Jennings v. Hunt Cos.

367 F. Supp. 3d 66
CourtDistrict Court, S.D. Illinois
DecidedMarch 13, 2019
DocketNo. 18 Civ. 1793 (JFK)
StatusPublished
Cited by37 cases

This text of 367 F. Supp. 3d 66 (Jennings v. Hunt Cos.) is published on Counsel Stack Legal Research, covering District Court, S.D. Illinois primary law. Counsel Stack provides free access to over 12 million legal documents including statutes, case law, regulations, and constitutions.

Bluebook
Jennings v. Hunt Cos., 367 F. Supp. 3d 66 (S.D. Ill. 2019).

Opinion

*67FOR PLAINTIFF WILLIAM H. JENNINGS, II, Eric Robert Stern, Jonathan Scott Sack, SACK & SACK, LLP.

FOR DEFENDANTS HUNT COMPANIES, INC. and HUNT FINANCIAL SERVICES, LLC, Alexander Benjamin Spiro, Andrew Peter Marks, Jennifer J. Barrett, Nora Feher, QUINN EMANUEL URQUHART & SULLIVAN LLP.

OPINION & ORDER

JOHN F. KEENAN, United States District Judge *68Before the Court is a motion by Defendants Hunt Companies, Inc. ("HCI") and Hunt Financial Services, LLC ("HFS") (collectively, the "Defendants") to dismiss several of the claims in Plaintiff William H. Jennings II's ("Plaintiff" or "Jennings") complaint.
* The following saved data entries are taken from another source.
//! Laws of plans: what follows from the definitions of plans, their acceptance, refusals and edits, for every plan.
//!
//! A law is a function without parameters and with an empty body, whose contract states it.
//!
//! | law | what it says | breaks if .. changes |
//! |---|---|---|
//! | [`adding_an_item`] | an item is refused exactly where the plan with it would not be sound | `may_follow`, `why_not_item`, `is_sound` |
//! | [`checking_items`] | adding items one after the other accepts what the condition on the whole list accepts | `check_of`, `is_accepted` |
//! | [`the_ranges_of_a_sound_plan`] | its points are in range, and no limit is passed | `is_sound`, `grid_points` |
//! | [`editing_a_sound_plan`] | an edit is refused exactly where it names nothing or the plan after it would not be sound | `is_there`, `why_not_edit`, `is_sound` |
//! | [`the_boxes_of_an_edit`] | where nothing refuses the edit, they are in range | `changed_boxes`, `why_not_edit` |
//! | [`the_edit_between_two_plans`] | the plan after it is sound, and its boxes are in range | `IsEditBetween` |
//! | [`the_items_of_a_plan`] | the items of a sound plan are accepted and make that plan again | `items_of`, `with_items`, `check_of` |
//! | [`grid_points_are_numbered_by_rows`] | number `row * cols + col` is the point in that row and column, and each point has its number alone | `grid_points`, `number_of_point` |
//!
//! Proofs of code cite the laws by the lemmas in `proofs/`, which state them kind by kind.
#![tactic(auto)]

ghost use Rattle.std.specs.Prelude.{◌≡◌, ◌≤◌, ◌*◌, ◌&&◌, IfSome, List, None, Ok, Some, is_none, is_ok, length, true, unsigned_abs, ℕ, ◌<◌, ◌+◌, ◌≤ℤ◌, pos};
ghost use Rattle.std.specs.List.{All};
ghost use Rattle.plane_spec.specs.declared.Point.{Point};
ghost use Rattle.plane_spec.specs.Vectors.{InRange};
ghost use Rattle.plan_spec.specs.declared.edit.Changed.{Changed};
ghost use Rattle.plan_spec.specs.declared.edit.Edit.{Edit};
ghost use Rattle.plan_spec.specs.declared.item.GridSpec.{GridSpec};
ghost use Rattle.plan_spec.specs.declared.item.Item.{Item};
ghost use Rattle.plan_spec.specs.declared.item.Item.TheVariants.{Outer};
ghost use Rattle.plan_spec.specs.declared.limits.TheConstants.{MAX_GRID_POINTS};
ghost use Rattle.plan_spec.specs.Plan.{Plan, empty_plan, has_outer, items_of, with_item, with_items};
ghost use Rattle.plan_spec.specs.Accepted.{is_accepted, is_sound, may_follow};
ghost use Rattle.plan_spec.specs.Refusals.{check_of, why_not_item};
ghost use Rattle.plan_spec.specs.Edits.{IsEditBetween, changed_boxes, plan_after_edit, is_there, why_not_edit};
ghost use Rattle.plan_spec.specs.Grid.{grid_points, number_of_point, point_at, point_of_number};
ghost use Rattle.plan_spec.specs.Ranges.{AreBoxesInRange, IsGridInRange, IsProperSegmentInRange, IsPolygonInRange, IsWithinLimits};

/// An item may follow and leaves a sound plan exactly where the plan is sound and nothing refuses the item. The outer
/// polygon by itself is a sound plan exactly where nothing refuses it on the empty plan.
pub fn adding_an_item()
    ensures item { (p : Plan) (i : Item) → (may_follow p i && is_sound (with_item p i)) ≡ (is_sound p && is_none (why_not_item p i)) }
    ensures outer { (points : List Point) → is_sound (with_item empty_plan (Outer points)) ≡ is_none (why_not_item empty_plan (Outer points)) }
{}

/// Items that are added one after the other are accepted exactly where the whole list is accepted, and the plan that
/// they make is sound.
pub fn checking_items()
    ensures accepted { (items : List Item) → is_accepted items ≡ is_ok (check_of items) }
    ensures plan { (items : List Item) (p : Plan) → check_of items ≡ Ok p → p ≡ with_items empty_plan items }
    ensures sound { (items : List Item) (p : Plan) → check_of items ≡ Ok p → is_sound p ≡ true }
{}

/// A sound plan has an outer polygon. The points of its polygons, the ends of its screens and routes and the points of
/// its grid are in range, and no limit is passed. A grid has as many points as its columns times its rows, and a sound
/// plan's no more than a grid may have.
pub fn the_ranges_of_a_sound_plan()
    ensures begun { (p : Plan) → is_sound p ≡ true → has_outer p ≡ true }
    ensures outer { (p : Plan) → is_sound p ≡ true → IsPolygonInRange p.outer }
    ensures obstacles { (p : Plan) → is_sound p ≡ true → All (λ o. IsPolygonInRange o.points) p.obstacles }
    ensures screens { (p : Plan) → is_sound p ≡ true → All (λ s. IsProperSegmentInRange s.from s.to) p.screens }
    ensures routes { (p : Plan) → is_sound p ≡ true → All (λ r. IsProperSegmentInRange r.from r.to) p.routes }
    ensures limits { (p : Plan) → is_sound p ≡ true → IsWithinLimits p }
    ensures grid { (p : Plan) → is_sound p ≡ true → IfSome p.grid IsGridInRange }
    ensures grid_points_in_range { (p : Plan) → is_sound p ≡ true → All InRange (grid_points p.grid) }
    ensures grid_points_few { (p : Plan) → is_sound p ≡ true → length (grid_points p.grid) ≤ MAX_GRID_POINTS }
    ensures grid_points_count { (g : GridSpec) → length (grid_points (Some g)) ≡ unsigned_abs g.cols * unsigned_abs g.rows }
{}

/// An edit of a sound plan is refused exactly where what it removes or moves isn't there, or the plan after it would
/// not be sound. So an edit that isn't refused leaves a sound plan.
pub fn editing_a_sound_plan()
    ensures refused { (p : Plan) (e : Edit) → is_sound p ≡ true → is_none (why_not_edit p e) ≡ (is_there p e && is_sound (plan_after_edit p e)) }
    ensures sound { (p : Plan) (e : Edit) → is_sound p ≡ true → why_not_edit p e ≡ None → is_sound (plan_after_edit p e) ≡ true }
{}

/// The boxes in which an edit of a sound plan changes something are in range, where nothing refuses the edit.
pub fn the_boxes_of_an_edit()
    ensures { (p : Plan) (e : Edit) → is_sound p ≡ true → why_not_edit p e ≡ None → AreBoxesInRange (changed_boxes p e) }
{}

/// Where an edit that nothing refuses makes one plan of another, sound one, the plan after it is sound, and the boxes
/// in which it changes something are in range.
pub fn the_edit_between_two_plans()
    ensures sound { (before after : Plan) (boxes : Changed) → IsEditBetween before after boxes → is_sound after ≡ true }
    ensures boxes { (before after : Plan) (boxes : Changed) → IsEditBetween before after boxes → AreBoxesInRange boxes }
{}

/// The items of any plan make that plan. They are accepted exactly where the plan is sound, and then checking them
/// gives the plan again.
pub fn the_items_of_a_plan()
    ensures make { (p : Plan) → with_items empty_plan (items_of p) ≡ p }
    ensures accepted { (p : Plan) → is_accepted (items_of p) ≡ is_sound p }
    ensures again { (p : Plan) → is_sound p ≡ true → check_of (items_of p) ≡ Ok p }
{}

/// The points of a grid are numbered row by row. So the point in a row and a column has the number of those before it:
/// the columns of each row below, and the earlier ones of its own. Where columns and rows are at least a unit apart,
/// as in a sound plan, no two numbers have one point: a point's number is the one that is found for it.
pub fn grid_points_are_numbered_by_rows()
    ensures point { (g : GridSpec) (row col : ℕ) → row < unsigned_abs g.rows → col < unsigned_abs g.cols
        → point_of_number (Some g) (row * unsigned_abs g.cols + col) ≡ point_at g row col }
    ensures below { (g : GridSpec) (row col : ℕ) → row < unsigned_abs g.rows → col < unsigned_abs g.cols
        → row * unsigned_abs g.cols + col < length (grid_points (Some g)) }
    ensures number { (g : GridSpec) → pos 1 ≤ℤ g.step → (k : ℕ) → k < length (grid_points (Some g))
        → number_of_point (Some g) (point_of_number (Some g) k) ≡ Some k }
    ensures found { (g : GridSpec) (x : Point) (k : ℕ) → number_of_point (Some g) x ≡ Some k
        → (k < length (grid_points (Some g))) × (point_of_number (Some g) k ≡ x) }
{}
For the reasons below, Defendants' motion is granted in part and denied in part.

I. Background

A. Factual Background

The Court takes the following facts and allegations from the complaint and, for the purposes of this motion, deems them to be true.

Plaintiff is a retired Wall Street executive who resides in Connecticut. (Compl. ¶¶ 13, 18, 25.) Defendant HFS is a Delaware limited liability company and-through a string of entities-is a wholly-owned subsidiary of Defendant HCI. (Id. ¶¶ 14-15.) HFS is an SEC-registered broker-dealer that provides business advisory services and acts as a "private placement agent" for structured and other financings. (Id. ¶ 16.) Defendant HCI is a Delaware corporation with its principal place of business in El Paso, Texas. (Id. ¶ 17.)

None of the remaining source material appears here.